Deciphering the end result
If the ATT is optimistic (say 2.5pp, as was the case in our supposed end result), which means returning guests usually tend to buy not just by viewing extra pages or spending extra time (and we managed for these), however on account of being a return buyer (e.g., extra belief, intent). If the ATT is nearly zero, the noticed covariates clarify your entire distinction in uncooked buy charges, and returning standing itself provides no additional enhance as soon as we account for them.

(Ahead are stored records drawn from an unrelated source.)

// How many test points there are, counted apart from the search: near corners are flagged already, far
// ones are marked in blocks of flags, and instants without corners are passed over.
ghost use Rattle.std.specs.Prelude.{◌≡◌, ◌+◌, ◌-◌, ◌<◌, ◌≤◌, fold, length, min};
ghost use Rattle.rows.specs.Times.{horizon};
ghost use Rattle.bounds.specs.Instants.{count};
ghost use Rattle.bounds.specs.Marks.{Marks};
ghost use Rattle.findings.specs.Counting.{LookAhead, is_corner_above};
ghost use Rattle.findings.specs.Loads.{load_of};

use crate::flags::count_set;
use crate::loads::Load;
use crate::preparing::NEAR;
use bounds::Bound;
use rows::HORIZON;

// How many instants have a flag in a block: a narrow one where testing stops early, since all flags
// are cleared first.
const NARROW: usize = 256;

// A block for a count that is not long.
const MIDDLE: usize = 4096;

// A block for a long count. It stays in the nearest cache.
const WIDE: usize = 16384;

// How many corners in a block are few at the most.
const FEW: u32 = 32;

// The least of the instants.
fn nearest(nexts: &[u32], last: u32) -> u32
    ensures { result ≡ fold min last nexts.now }
{
    nexts.iter().fold(last, |nearest, next| nearest.min(*next))
}

// How wide the next block is to be, of so many flags: where few corners were found, the next may be
// far apart, and a narrow block is cleared and summed sooner.
fn next_width(found: u32, flags: usize) -> usize
    requires { 1 ≤ flags }
    ensures some { 1 ≤ result }
    ensures within { result ≤ flags }
{
    if found < FEW {
        flags.min(NARROW)
    } else {
        flags
    }
}

impl<'a, B: Bound> Load<'a, B> {
    // Sets the flags of all corners in a block, whose first flag stands for the instant after
    // `after`, and looks ahead from its last instant. Only rows that may have a corner in the block
    // are asked.
    fn mark_block(&self, after: u32, block: &mut [bool], nexts: &mut [u32])
        requires near { after + length block.old ≤ horizon }
        requires ahead { LookAhead (load_of self.now) after nexts.old }
        ensures marks { Marks (is_corner_above (load_of self.now)) after block.old block.new }
        ensures ahead { LookAhead (load_of self.now) (after + length block.old) nexts.new }
    {
        let last = after + block.len() as u32;
        for i in 0..self.above.len() {
            let row = &self.above[i];
            if nexts[i] <= last {
                let next = self.bound.mark(row, after, block);
                nexts[i] = next.unwrap_or(HORIZON + 1);
            }
        }
    }

    // How many corners there are in a block, and what is ahead of it.
    fn count_block(&self, after: u32, block: &mut [bool], nexts: &mut [u32]) -> u32
        requires near { after + length block.old ≤ horizon }
        requires few { length block.old < 65536 }
        requires ahead { LookAhead (load_of self.now) after nexts.old }
        ensures counted { count (is_corner_above (load_of self.now)) (after + length block.old)
            ≡ count (is_corner_above (load_of self.now)) after + result }
        ensures ahead { LookAhead (load_of self.now) (after + length block.old) nexts.new }
    {
        block.fill(false);
        self.mark_block(after, block, nexts);
        count_set(block)
    }

    // How many distinct corners the rows above have up to the instant, where those up to an earlier one
    // are counted: block by block of the flags.
    fn blocks(
        &self,
        counted: u32,
        seen: u32,
        end: u32,
        nexts: &mut [u32],
        flags: &mut [bool],
    ) -> u32
        requires near { end ≤ horizon }
        requires within { seen ≤ end }
        requires counted { counted ≡ count (is_corner_above (load_of self.now)) seen }
        requires ahead { LookAhead (load_of self.now) seen nexts.old }
        requires room { 1 ≤ length flags.old }
        requires few { length flags.old < 65536 }
        ensures { result ≡ count (is_corner_above (load_of self.now)) end }
    {
        let mut corners = counted;
        let mut from = nearest(nexts, end + 1);
        let mut most = flags.len();
        while from <= end {
            let width = most.min((end - from + 1) as usize);
            let found = self.count_block(from - 1, &mut flags[..width], nexts);
            corners += found;
            from = nearest(nexts, end + 1);
            most = next_width(found, flags.len());
        }
        corners
    }

    // How many distinct corners the rows above have up to the instant, where those up to an earlier one
    // are counted: by blocks of as many flags as serve.
    pub(crate) fn by_blocks(&self, counted: u32, seen: u32, end: u32, nexts: &mut [u32]) -> u32
        requires near { end ≤ horizon }
        requires within { seen ≤ end }
        requires counted { counted ≡ count (is_corner_above (load_of self.now)) seen }
        requires ahead { LookAhead (load_of self.now) seen nexts.old }
        ensures { result ≡ count (is_corner_above (load_of self.now)) end }
    {
        if end as usize <= 2 * NEAR {
            self.blocks(counted, seen, end, nexts, &mut [false; NEAR])
        } else if end as usize <= MIDDLE {
            self.blocks(counted, seen, end, nexts, &mut [false; MIDDLE])
        } else {
            self.blocks(counted, seen, end, nexts, &mut [false; WIDE])
        }
    }

    // How many distinct corners the rows above have up to the instant.
    fn distinct_corners(&self, end: u32) -> u32
        requires { end ≤ horizon }
        ensures { result ≡ count (is_corner_above (load_of self.now)) end }
    {
        let flags = &self.prepared.flags;
        if end as usize <= NEAR {
            return count_set(&flags[..end as usize]);
        }
        let counted = count_set(flags);
        if self.is_sparse() {
            return self.merged(counted, end);
        }
        let mut nexts = self.prepared.nexts;
        self.by_blocks(counted, NEAR as u32, end, &mut nexts[..self.above.len()])
    }

    // How many test points there are where testing stops at the first that is not before the
    // instant: the corners before it, and that one.
    pub(crate) fn points(&self, rest: u32) -> u32
        requires some { 1 ≤ rest }
        requires near { rest ≤ horizon }
        ensures { result ≡ count (is_corner_above (load_of self.now)) (rest - 1) + 1 }
    {
        self.distinct_corners(rest - 1) + 1
    }
}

Lastly, it’s important to acknowledge limitations in PSM. PSM can solely measure noticed confounding results within the knowledge. Furthermore, poor overlap or a mis-specified propensity mannequin can even trigger inaccurate estimates. Sensitivity analyses strengthen the evaluation, and researchers can use different strategies. For example, inverse chance weighting or doubly sturdy estimation can be utilized to verify robustness.
Conclusion
Propensity Rating Matching just isn’t so new to the knowledge scientist, and is an extremely highly effective approach for causal inference with observational knowledge. On this weblog, we defined how PSM works in idea and apply utilizing an e-commerce case examine. We exhibit estimation of propensity scores with a logistic regression, match therapy and management items with related scores, verify covariate steadiness with diagnostics like standardized imply variations, and estimate the causal impact on an end result. By matching returning guests with new guests who behaved equally on a web based procuring website, we might seize the position of being a returning customer in figuring out buy chance.
Our evaluation confirmed that returning guests do certainly have (even after accounting for his or her shopping conduct) a greater conversion chance.
The method we adopted – Introduction → Propensity Mannequin → Matching → Analysis → Impact Estimation.
After we use PSM, we’d like to pay attention to the choice of covariates (we should contemplate all related confounders), assumptions (overlap between propensity scores), and understand that PSM minimizes bias from noticed covariates however doesn’t take away bias from hidden covariates. Contemplating this, PSM gives an sincere and clear methodology to approximate a trial and infer causality out of your knowledge.
Login to proceed studying and revel in expert-curated content material.